I needed the change of pace. It wasn’t enough to watch over the strip joint, to deal with the chop shop shit with Steel. I needed more responsibility, more room to grow. But leaving Keira and Cyan behind? Fuck, I wasn’t sure if I could even do it.

  I revved the bike harder, pushing it past the speed limit as I blasted down the highway on my way toward town.

  When my cell buzzed, I almost ignored it, but along the wind, I heard Rex’s ringtone, and I knew not to ignore his call.

  The idea that, in Coshocton, a bunch of brothers would feel the same way about me, that they’d feel that same fear, was an unexpected thrill.

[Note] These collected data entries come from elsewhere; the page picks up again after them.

//! A place that was written anew, and its byte.

ghost use Rattle.std.specs.Prelude.{◌≡◌, ℕ, ◌<◌, ◌^◌};
ghost use Rattle.wave_bytes.specs.Anew.{anew_byte, anew_number, anew_written};

use crate::byte::written_in;
use design_circuit::Written;

/// A place that hasn't what its net's place a step before has: its number and its byte in eight bytes, the byte in the
/// low one.
#[derive(Clone, Copy, Debug)]
pub struct Anew {
    word: u64,
}

impl Anew {
    pub(crate) fn new(number: usize, byte: u8) -> Anew
        requires { number < 2 ^ 56 }
        ensures number { anew_number result ≡ number }
        ensures byte { anew_byte result ≡ byte }
    {
        Anew {
            word: number as u64 * 256 + byte as u64,
        }
    }

    /// The number of the place.
    pub fn number(&self) -> usize
        ensures { result ≡ anew_number self.now }
    {
        (self.word / 256) as usize
    }

    /// What stands there.
    pub fn written(&self) -> Written
        ensures { result ≡ anew_written self.now }
    {
        written_in((self.word % 256) as u8)
    }
}
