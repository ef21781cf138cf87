//! The bytes of the places that are written, as what is known of them.

ghost use Rattle.std.specs.Prelude.{◌≡◌, ℕ, ◌+◌, ◌-◌, ◌<◌, ◌≤◌, ◌==◌, ◌||◌, ◌++◌, ◌∷◌, [], IfSome, length, map};
ghost use Rattle.std.specs.Prelude.{OnErr, OnOk};
ghost use Rattle.std.specs.Bool.{OnTrue};
ghost use Rattle.design_cell.specs.declared.value.Value.{Value as AnyValue};
ghost use Rattle.design_circuit.specs.Circuit.{job_in};
ghost use Rattle.design_circuit.specs.Job.{places_of};
ghost use Rattle.design_circuit.specs.Waveform.{certain, certain_by};
ghost use Rattle.law_model.specs.Class.{before, is_carried_on};
ghost use Rattle.law_model.specs.Yields.{is_line};
ghost use Rattle.law_quiet.specs.Copies.{CopiesAgree};
ghost use Rattle.law_quiet.specs.OfClass.{is_plain, AreWiresOf};
ghost use Rattle.wave_bytes.specs.Byte.{facts_in, facts_of_byte, written_of_byte};
ghost use Rattle.wave_bytes.specs.View.{next_class};
ghost use Rattle.wave_bytes.specs.Front.{StandsAt};
ghost use Rattle.wave_bytes.specs.Kept.{AreRowsOf, BytesTell, AreTrueBytes, IsNextClass, IsWrittenBehind, StepKeeps};
ghost use Rattle.wave_bytes.specs.Kept.{ValuesAgree, facts_next};

use crate::byte::{byte_of, is_carried_on, is_line, is_plain, keeps, written_in};
use crate::front::Front;
use crate::rows::Rows;
use base_lists::Memory;
use design_cell::Value;
use design_circuit::{Circuit, Mark, Source, Written, count_places};
use design_wiring::Wiring;
use law_model::ClassByNumber;
use law_quiet::{Asked, Earlier, class_at, keeps_here, place_before};

/// What is known of the places that are written.
#[derive(Clone, Copy, Debug)]
pub struct Bytes<'w> {
    pub rows: &'w Rows,
}

impl<'w> Source for Bytes<'w> {
    ghost reads = { λ s place. certain (map written_of_byte s.rows.now.bytes) place };

    ghost has = { λ s place. place < length s.rows.now.bytes };

    fn value(&self, place: usize) -> Value {
        certain_value(self.rows, place)
    }
}

impl<'w> Earlier for Bytes<'w> {
    ghost use Rattle.std.proofs.Common.{rules, arith};

    ghost facts = { λ s place. facts_in s.rows.now.bytes place };

    ghost count = { λ s. length s.rows.now.bytes };

    fn is_carried_on(&self, place: usize) -> bool {
        is_carried_on(self.rows.byte(place))
    }

    fn is_plain(&self, place: usize) -> bool {
        is_plain(self.rows.byte(place))
    }

    fn is_line(&self, place: usize) -> bool {
        is_line(self.rows.byte(place))
    }

    fn keeps(&self, place: usize) -> bool {
        keeps(self.rows.byte(place))
    }

    ghost has_all = { Prim.search (rules, arith) };
}

#[tactic(auto, unfolding(design_circuit::specs::Waveform::certain))]
fn certain_value(rows: &Rows, place: usize) -> Value
    requires { place < length rows.now.bytes }
    ensures { result ≡ certain (map written_of_byte rows.now.bytes) place }
{
    value_if_certain(written_in(rows.byte(place)))
}

/// The value where it is certain, else x.
pub fn value_if_certain(written: Written) -> Value
    ensures { result ≡ certain_by written.mark written.value }
{
    match written.mark {
        Mark::Certain => written.value,
        Mark::Unknown => Value::X,
        Mark::Undecided => Value::X,
    }
}

/// The class of the place behind those that are written, if there is one, given where it stands and whether all places
/// before it in its step keep.
pub fn class_behind(
    circuit: &Circuit<'_>,
    wiring: &Wiring,
    rows: &Rows,
    front: Front,
    all_keep: bool,
) -> Option<ClassByNumber>
    requires wired { AreWiresOf circuit.now wiring.now }
    requires within { length rows.now.bytes ≤ places_of (job_in circuit.now) }
    requires front { StandsAt (job_in circuit.now) (length rows.now.bytes) front }
    requires told { BytesTell (job_in circuit.now) rows.now.bytes }
    requires agrees { ValuesAgree (job_in circuit.now) (map written_of_byte rows.now.bytes) }
    requires keep { OnTrue all_keep (StepKeeps rows.now.bytes front.position (length rows.now.bytes)) }
    ensures { result ≡ next_class (job_in circuit.now) (map written_of_byte rows.now.bytes) }
{
    let place = rows.count();
    if place < count_places(circuit) {
        let asked = Asked {
            circuit,
            earlier: &Bytes { rows },
            place,
            position: front.position,
        };
        Some(class_at(&asked, wiring, all_keep))
    } else {
        None
    }
}

/// Whether all places before the next one in its step keep, given where it stands and whether those before the last one
/// do.
pub fn keep_behind(rows: &Rows, front: Front, before: bool) -> bool
    requires some { 0 < length rows.now.bytes }
    requires before { OnTrue before (0 < front.position → StepKeeps rows.now.bytes front.position (length rows.now.bytes - 1)) }
    ensures { OnTrue result (StepKeeps rows.now.bytes front.position (length rows.now.bytes)) }
{
    front.position == 0 || (before && keeps(rows.byte(rows.count() - 1)))
}

/// The same where the places before the next one were written many at once: each of those keeps.
pub fn keep_repeated(front: Front, before: bool) -> bool
    ensures { result ≡ (before || front.position == 0) }
{
    before || front.position == 0
}

/// Appends the byte of the next place, whose class is given. A copy has that of what it copies.
pub fn push_place(
    circuit: &Circuit<'_>,
    rows: &mut Rows,
    next: Option<ClassByNumber>,
    written: Written,
) -> Result<(), Memory>
    requires within { length rows.old.bytes < places_of (job_in circuit.now) }
    requires rows { AreRowsOf (job_in circuit.now) rows.old }
    requires kept { AreTrueBytes circuit.now rows.old.bytes }
    requires next { IsNextClass circuit.now rows.old.bytes next }
    requires agrees { ValuesAgree (job_in circuit.now) (map written_of_byte rows.old.bytes ++ written ∷ []) }
    requires copies { CopiesAgree (job_in circuit.now) (map written_of_byte rows.old.bytes ++ written ∷ []) }
    ensures ok { OnOk result (IsWrittenBehind (job_in circuit.now) rows.old.bytes rows.new.bytes written) }
    ensures err { OnErr result (rows.new ≡ rows.old) }
    ensures rows { AreRowsOf (job_in circuit.now) rows.new }
{
    if rows.is_copy() {
        rows.push_copy()?;
    } else {
        let byte = next_byte(circuit, rows, next, written);
        rows.push(byte)?;
    }
    Ok(())
}

/// The byte of the next place, whose class is given.
fn next_byte(
    circuit: &Circuit<'_>,
    rows: &Rows,
    next: Option<ClassByNumber>,
    written: Written,
) -> u8
    requires within { length rows.now.bytes < places_of (job_in circuit.now) }
    requires next { next ≡ next_class (job_in circuit.now) (map written_of_byte rows.now.bytes) }
    ensures written { written_of_byte result ≡ written }
    ensures facts { facts_of_byte result ≡ facts_next (job_in circuit.now) rows.now.bytes written }
{
    let place = rows.count();
    let carries = is_carrying_on(circuit, place, next);
    let plain = is_plain_class(next);
    let line = is_line_class(next);
    let here = value_if_certain(written);
    let keeps = keeps_here(circuit, &Bytes { rows }, place, here, carries);
    byte_of(written, carries, plain, line, keeps)
}

/// Whether a class is Local or Free.
fn is_plain_class(next: Option<ClassByNumber>) -> bool
    ensures { IfSome next (λ class. result ≡ is_plain class) }
{
    match next {
        Some(ClassByNumber::Local(_)) => true,
        Some(ClassByNumber::Free) => true,
        _ => false,
    }
}

/// Whether it is Line.
fn is_line_class(next: Option<ClassByNumber>) -> bool
    ensures { IfSome next (λ class. result ≡ is_line class) }
{
    matches!(next, Some(ClassByNumber::Line))
}

/// Whether it is Carried from the step before, as it is.
fn is_carrying_on(circuit: &Circuit<'_>, place: usize, next: Option<ClassByNumber>) -> bool
    requires within { place < places_of (job_in circuit.now) }
    ensures { IfSome next (λ class. result ≡ is_carried_on class (before (job_in circuit.now) place)) }
{
    match next {
        Some(ClassByNumber::Carried(from, false)) => from == place_before(circuit, place),
        _ => false,
    }
}
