//! The bytes of one position, step after step.

ghost use Rattle.std.specs.Prelude.{◌≡◌, ℕ, ◌+◌, ◌-◌, ◌<◌, ◌≤◌, ◌^◌, ◌++◌, ◌∷◌, [], OnOk, OnErr, length};
ghost use Rattle.wave_bytes.specs.Track.{AreAscending, AreBefore, byte_at, byte_from, is_again, nth_entry};
ghost use Rattle.wave_bytes.specs.Track.{with_byte_at};

use crate::byte::repeated_byte;
use base_lists::Memory;
use std::alloc::Global;
use std::marker::Model;

/// A byte that is written again as it is.
const STILL_BYTE: u8 = 64;

/// The byte that is written anew at a step.
#[derive(Clone, Copy, Debug)]
pub struct Entry {
    pub step: u32,
    pub byte: u8,
}

/// The entries of a position, in the order of the steps. Contracts see their list.
#[derive(Debug, Drop)]
pub struct Track {
    entries: Vec<Entry>,
    /// The last of them, where there is one: most look-ups want it, and find it without a search.
    last: Entry,
}

impl Model for Track {
    ghost use Rattle.std.specs.Prelude.{List};
    ghost use Rattle.wave_bytes.specs.Track.{AreAscending, IsLast};
    ghost use Rattle.wave_bytes.specs.declared.track.Entry as entry;

    ghost Value = { List entry.Entry };

    ghost view = { λ h. h.entries.items };

    ghost invariant = { λ h. record {
      ascending : AreAscending h.entries.items;
      last : IsLast h.entries.items h.last;
    } };
}

impl Track {
    /// One without entries.
    pub fn new(alloc: Global) -> Track
        ensures { result ≡ [] }
    {
        Track {
            entries: Vec::new(alloc),
            last: Entry {
                step: 0,
                byte: STILL_BYTE,
            },
        }
    }

    /// Writes the byte of a step behind those of all entries, given whether it is the one a step before, written again.
    /// Takes eight bytes where it isn't.
    pub fn put(&mut self, step: usize, byte: u8, again: bool) -> Result<(), Memory>
        requires step { step < 2 ^ 32 }
        requires again { again ≡ is_again self.old step byte }
        requires before { AreBefore self.old step }
        ensures ok { OnOk result (self.new ≡ with_byte_at self.old step byte) }
        ensures err { OnErr result (self.new ≡ self.old) }
    {
        if again {
            return Ok(());
        }
        let entry = Entry {
            step: step as u32,
            byte,
        };
        self.entries.push(entry)?;
        self.last = entry;
        Ok(())
    }

    /// Whether a byte at a step is the one a step before, written again.
    pub fn is_again(&self, step: usize, byte: u8) -> bool
        ensures { result ≡ is_again self.now step byte }
    {
        step > 0 && byte == repeated_byte(self.byte_at(step - 1))
    }

    /// The byte at a step: quick for one from the last entry's on.
    pub fn byte_at(&self, step: usize) -> u8
        ensures { result ≡ byte_at self.now step }
    {
        let entries = self.entries.as_slice();
        if !entries.is_empty() && self.last.step as usize <= step {
            return byte_of(self.last, step);
        }
        self.found_byte(step)
    }

    /// The same by a search.
    fn found_byte(&self, step: usize) -> u8
        ensures { result ≡ byte_at self.now step }
    {
        let count = count_up_to(self.entries.as_slice(), step);
        if count == 0 {
            return STILL_BYTE;
        }
        byte_of(self.entries[count - 1], step)
    }
}

/// The byte that an entry gives at a step.
fn byte_of(entry: Entry, step: usize) -> u8
    ensures { result ≡ byte_from entry step }
{
    if entry.step as usize == step {
        entry.byte
    } else {
        repeated_byte(entry.byte)
    }
}

/// How many of ascending entries are of steps up to one. Looks at the last two first.
fn count_up_to(entries: &[Entry], step: usize) -> usize
    requires { AreAscending entries.now }
    ensures within { result ≤ length entries.now }
    ensures last { 0 < result → (nth_entry entries.now (result - 1)).step ≤ step }
    ensures next { result < length entries.now → step < (nth_entry entries.now result).step }
{
    let count = entries.len();
    if count == 0 || entries[count - 1].step as usize <= step {
        return count;
    }
    if count == 1 || entries[count - 2].step as usize <= step {
        return count - 1;
    }
    count_by_halves(entries, step)
}

/// The same by a binary search.
fn count_by_halves(entries: &[Entry], step: usize) -> usize
    ensures within { result ≤ length entries.now }
    ensures last { 0 < result → (nth_entry entries.now (result - 1)).step ≤ step }
    ensures next { result < length entries.now → step < (nth_entry entries.now result).step }
{
    let mut low = 0;
    let mut high = entries.len();
    'halves: while low < high {
        let middle = low + (high - low) / 2;
        if entries[middle].step as usize <= step {
            low = middle + 1;
        } else {
            high = middle;
        }
    }
    low
}
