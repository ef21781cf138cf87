//! The places of a circuit, as they are written.

ghost use Rattle.std.specs.Prelude.{◌≡◌, ◌%◌, ◌<◌, ◌*◌, ◌≤◌, ◌++◌, ◌∷◌, [], IfOk, OnErr, OnOk, length};
ghost use Rattle.design_circuit.specs.Circuit.{job_in};
ghost use Rattle.design_circuit.specs.Fits.{place_at};
ghost use Rattle.design_circuit.specs.Waveform.{certain, written_at};
ghost use Rattle.law_model.specs.Assignment as assignment;
ghost use Rattle.law_model.specs.Class.{class_of};
ghost use Rattle.law_quiet.specs.Copies.{CopiesAgree};
ghost use Rattle.law_quiet.specs.OfClass.{numbered_value};
ghost use Rattle.wave_bytes.specs.Changed.{AllKeepFrom, AreAnewAt, IsWholeLater};
ghost use Rattle.wave_bytes.specs.Kept.{ValuesAgree};
ghost use Rattle.wave_bytes.specs.View as spec;
ghost use Rattle.wave_bytes.specs.Repeat.{IsRepeatable};
ghost use Rattle.wave_bytes.specs.View.{HasMore, IsNumber, and_one, and_repeated, job, keeps_there, waveform_of};

use crate::anew::Anew;
use crate::byte::{keeps, written_in};
use crate::bytes::{Bytes, class_behind, keep_behind, keep_repeated, push_place};
use crate::front::{Front, first_front, front_after, front_behind, place_there};
use crate::roots::roots_of;
use crate::rows::Rows;
use base_lists::Memory;
use design_cell::Value;
use design_circuit::{Circuit, Place, Written, width_of};
use design_wiring::Wiring;
use law_model::ClassByNumber;
use law_quiet::{ArgumentsByNumber, Asked, argument_places, class_at, kept_class, rule_value};
use std::alloc::Global;
use std::marker::Model;

/// What is written of the places of a circuit, in place order, and the class of the next one. Contracts see the circuit
/// and the list of what is written.
#[derive(Debug, Drop)]
pub struct Waveform<'a> {
    circuit: Circuit<'a>,
    wiring: Wiring,
    rows: Rows,
    /// Whether the class of the next place is found already.
    found: bool,
    /// That class, once it is found.
    next: Option<ClassByNumber>,
    /// Where the next place stands.
    front: Front,
    /// Whether all places before it in its step keep.
    all_keep: bool,
}

impl<'a> Model for Waveform<'a> {
    ghost use Rattle.std.specs.Prelude.{◌≤◌, length, map};
    ghost use Rattle.std.specs.Bool.{OnTrue};
    ghost use Rattle.design_circuit.specs.Circuit.{job_in};
    ghost use Rattle.design_circuit.specs.Job.{places_of};
    ghost use Rattle.law_quiet.specs.OfClass.{AreWiresOf};
    ghost use Rattle.wave_bytes.specs.Byte.{written_of_byte};
    ghost use Rattle.wave_bytes.specs.Front.{StandsAt};
    ghost use Rattle.wave_bytes.specs.Kept.{AreRowsOf, AreTrueBytes, IsNextClass, StepKeeps};
    ghost use Rattle.wave_bytes.specs.View.{WaveformView, waveform_of};

    ghost Value = { WaveformView };

    ghost view = { λ w. waveform_of w.circuit (map written_of_byte w.rows.bytes) };

    ghost invariant = { λ w. record {
      wired : AreWiresOf w.circuit w.wiring;
      within : length w.rows.bytes ≤ places_of (job_in w.circuit);
      rows : AreRowsOf (job_in w.circuit) w.rows;
      kept : AreTrueBytes w.circuit w.rows.bytes;
      next : OnTrue w.found (IsNextClass w.circuit w.rows.bytes w.next);
      front : StandsAt (job_in w.circuit) (length w.rows.bytes) w.front;
      keep : OnTrue w.all_keep (StepKeeps w.rows.bytes w.front.position (length w.rows.bytes));
    } };
}

impl<'a> Waveform<'a> {
    /// One of which nothing is written. Takes 52 bytes for each net, 8 to 24 for each pin. What is written takes 16
    /// to 32 bytes for each place that has not what its net's place a step before has, as each of the first step; 8 to
    /// 16 for that of a copy.
    pub fn new(alloc: Global, circuit: Circuit<'a>) -> Result<Waveform<'a>, Memory>
        ensures { IfOk result (λ w. w ≡ waveform_of circuit.entry []) }
    {
        let wiring = Wiring::of(alloc, circuit.design, circuit.order)?;
        let roots = roots_of(alloc, &circuit)?;
        let rows = Rows::new(alloc, roots, count_steps(&circuit))?;
        let front = first_front(&circuit);
        Ok(Waveform {
            circuit,
            wiring,
            rows,
            found: false,
            next: None,
            front,
            all_keep: true,
        })
    }

    /// The circuit, as it was handed in.
    pub fn circuit(&self) -> Circuit<'a>
        ensures design { result.design.now ≡ self.now.design }
        ensures order { result.order.now ≡ self.now.order }
        ensures stim { result.stim.now ≡ self.now.stim }
        ensures job { job_in result ≡ job self.now }
    {
        self.circuit
    }

    /// How many places are written.
    pub fn count(&self) -> usize
        ensures count { result ≡ length self.now.written }
        ensures agrees { ValuesAgree (job self.now) self.now.written }
    {
        self.rows.count()
    }

    /// What stands at the place of a number.
    pub fn written(&self, number: usize) -> Written
        requires { number < length self.now.written }
        ensures { result ≡ written_at self.now.written number }
    {
        written_in(self.rows.byte(number))
    }

    /// Whether the net of the place of a number keeps there.
    pub fn keeps(&self, number: usize) -> bool
        requires { number < length self.now.written }
        ensures { result ≡ keeps_there (job self.now) self.now.written number }
    {
        keeps(self.rows.byte(number))
    }

    /// The places of a step behind the first that were written anew, in place order. Costs two binary searches.
    pub fn anew_at(&self, step: usize) -> &[Anew]
        requires { IsWholeLater (job self.now) self.now.written step }
        ensures { AreAnewAt (job self.now) self.now.written step result.now }
    {
        let width = width_of(&self.circuit);
        let start = step * width;
        self.rows.anew_between(start, start + width)
    }

    /// The first place from one of a later step on that was written anew, or the end: the net of each place between
    /// keeps there. Costs a binary search.
    pub fn anew_from(&self, number: usize, end: usize) -> usize
        requires later { (job self.now).width ≤ number }
        requires number { number ≤ end }
        requires end { end ≤ length self.now.written }
        ensures from { number ≤ result }
        ensures within { result ≤ end }
        ensures keep { AllKeepFrom (job self.now) self.now.written number result }
    {
        self.rows.anew_from(number, end)
    }

    /// The class of the next place: found here, unless `find_next` did.
    pub fn next_class(&self) -> Option<ClassByNumber>
        ensures { result ≡ spec.next_class (job self.now) self.now.written }
    {
        if self.found {
            return self.next;
        }
        class_behind(
            &self.circuit,
            &self.wiring,
            &self.rows,
            self.front,
            self.all_keep,
        )
    }

    /// Finds the class of the next place, which is kept.
    pub fn find_next(&mut self)
        ensures { self.new ≡ self.old }
    {
        let next = self.next_class();
        self.next = next;
        self.found = true;
    }

    /// The next place, where there is one.
    pub fn place_behind(&self) -> Place
        requires { HasMore self.now }
        ensures { result ≡ place_at (job self.now) (length self.now.written) }
    {
        place_there(&self.circuit, self.front)
    }

    /// Its position in the order.
    pub fn position_behind(&self) -> usize
        requires { HasMore self.now }
        ensures { result ≡ length self.now.written % (job self.now).width }
    {
        self.front.position
    }

    /// The class of the place of a number.
    pub fn class_by_number(&self, number: usize) -> ClassByNumber
        requires { IsNumber self.now number }
        ensures { result ≡ class_of (job self.now) (certain self.now.written) number }
    {
        let bytes = Bytes { rows: &self.rows };
        if number < self.rows.count() {
            kept_class(&self.circuit, &self.wiring, &bytes, number)
        } else {
            let asked = Asked {
                circuit: &self.circuit,
                earlier: &bytes,
                place: number,
                position: self.front.position,
            };
            class_at(&asked, &self.wiring, false)
        }
    }

    /// The argument places of the place of a number, in place order and without doubles.
    pub fn argument_places(&self, number: usize) -> ArgumentsByNumber
        requires { IsNumber self.now number }
        ensures { result ≡ assignment.argument_places (job self.now) (certain self.now.written) number }
    {
        let bytes = Bytes { rows: &self.rows };
        argument_places(&self.circuit, &bytes, number)
    }

    /// What the rule of the place of a number gives where bit i of `bits` is the bit of its argument place i.
    pub fn rule_value(&self, number: usize, bits: u16) -> Value
        requires { IsNumber self.now number }
        ensures { result ≡ numbered_value (job self.now) (certain self.now.written) number bits }
    {
        let bytes = Bytes { rows: &self.rows };
        rule_value(&self.circuit, &bytes, number, bits)
    }

    /// Writes the next place. Takes 16 to 32 bytes where it has not what its net's place a step before has, 8 to 16 of
    /// these where it is a copy's.
    pub fn push(&mut self, written: Written) -> Result<(), Memory>
        requires next { HasMore self.old }
        requires agrees { ValuesAgree (job self.old) (self.old.written ++ written ∷ []) }
        requires copies { CopiesAgree (job self.old) (self.old.written ++ written ∷ []) }
        ensures ok { OnOk result (self.new ≡ and_one self.old written) }
        ensures err { OnErr result (self.new ≡ self.old) }
    {
        let circuit = self.circuit;
        let next = self.next_class();
        let front = front_behind(&circuit, self.front, self.rows.count());
        push_place(&circuit, &mut self.rows, next, written)?;
        let all_keep = keep_behind(&self.rows, front, self.all_keep);
        self.found = false;
        self.front = front;
        self.all_keep = all_keep;
        Ok(())
    }

    /// Writes so many places, each as its net's place a step before stands.
    pub fn repeat(&mut self, many: usize)
        requires { IsRepeatable self.old many }
        ensures { self.new ≡ and_repeated self.old many }
    {
        let circuit = self.circuit;
        let front = front_after(&circuit, self.front, self.rows.count(), many);
        self.rows.repeat(many);
        let all_keep = keep_repeated(front, self.all_keep);
        self.found = false;
        self.front = front;
        self.all_keep = all_keep;
    }
}

/// How many steps there are.
fn count_steps(circuit: &Circuit<'_>) -> usize
    ensures { result ≡ (job_in circuit.now).moments * (job_in circuit.now).rounds }
{
    circuit.stim.times.as_slice().len() * circuit.stim.rounds as usize
}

  Power didn’t get me going, but I figured the idea of being more, of doing more than just being Rex’s lackey, was the only way I’d ever get out of this rut.

  Too much pussy.

  Too much drink.

  Fuck.

  Temptations were rampant everywhere, but I was wasting myself here. Wasting away because I was living with regrets for shit I’d done when I was even more stupid than I was now.

  Keira was forever.

  She had that vibe about her, and being the dumbfuck I was back then, I’d been unable to deal with that.

  Now?

  I’d give my liver to have her back.

  With my phone still buzzing, I pulled over, not because of Rex’s call, but because the tears in my eyes were getting in the way of my driving. I didn’t need to crash my fucking bike. Moving away was better for Cyan than her daddy dying in a road accident, and even though I was crying like a pussy, it was, I thought, only a smart man who recognized what he’d done, the mistakes he made, and who could mourn for it and his stupidity.

  As I rode to the side, cars whipped past me, a few blaring their horns at how I’d slipped through the lanes.

  I ignored them, reached for my cell, and when I saw the messages, I didn’t call Rex back, just dealt with them straight.

  Seeing the live location I’d been sent a screenshot of, I typed out my reply.

  Me: I’m two minutes away. I’m on the highway, just need to pull around.

  Rex: GO! We’re sending back up. ETA, ten minutes. Her guards didn’t realize she’d gone out.

  Me: Fuck. Nyx needs to slam some skulls. On it.

  Thinking about how the brothers on Lily were going to get their asses handed to them didn’t beat down my anger as I shoved my phone back into my jeans then revved my bike into life.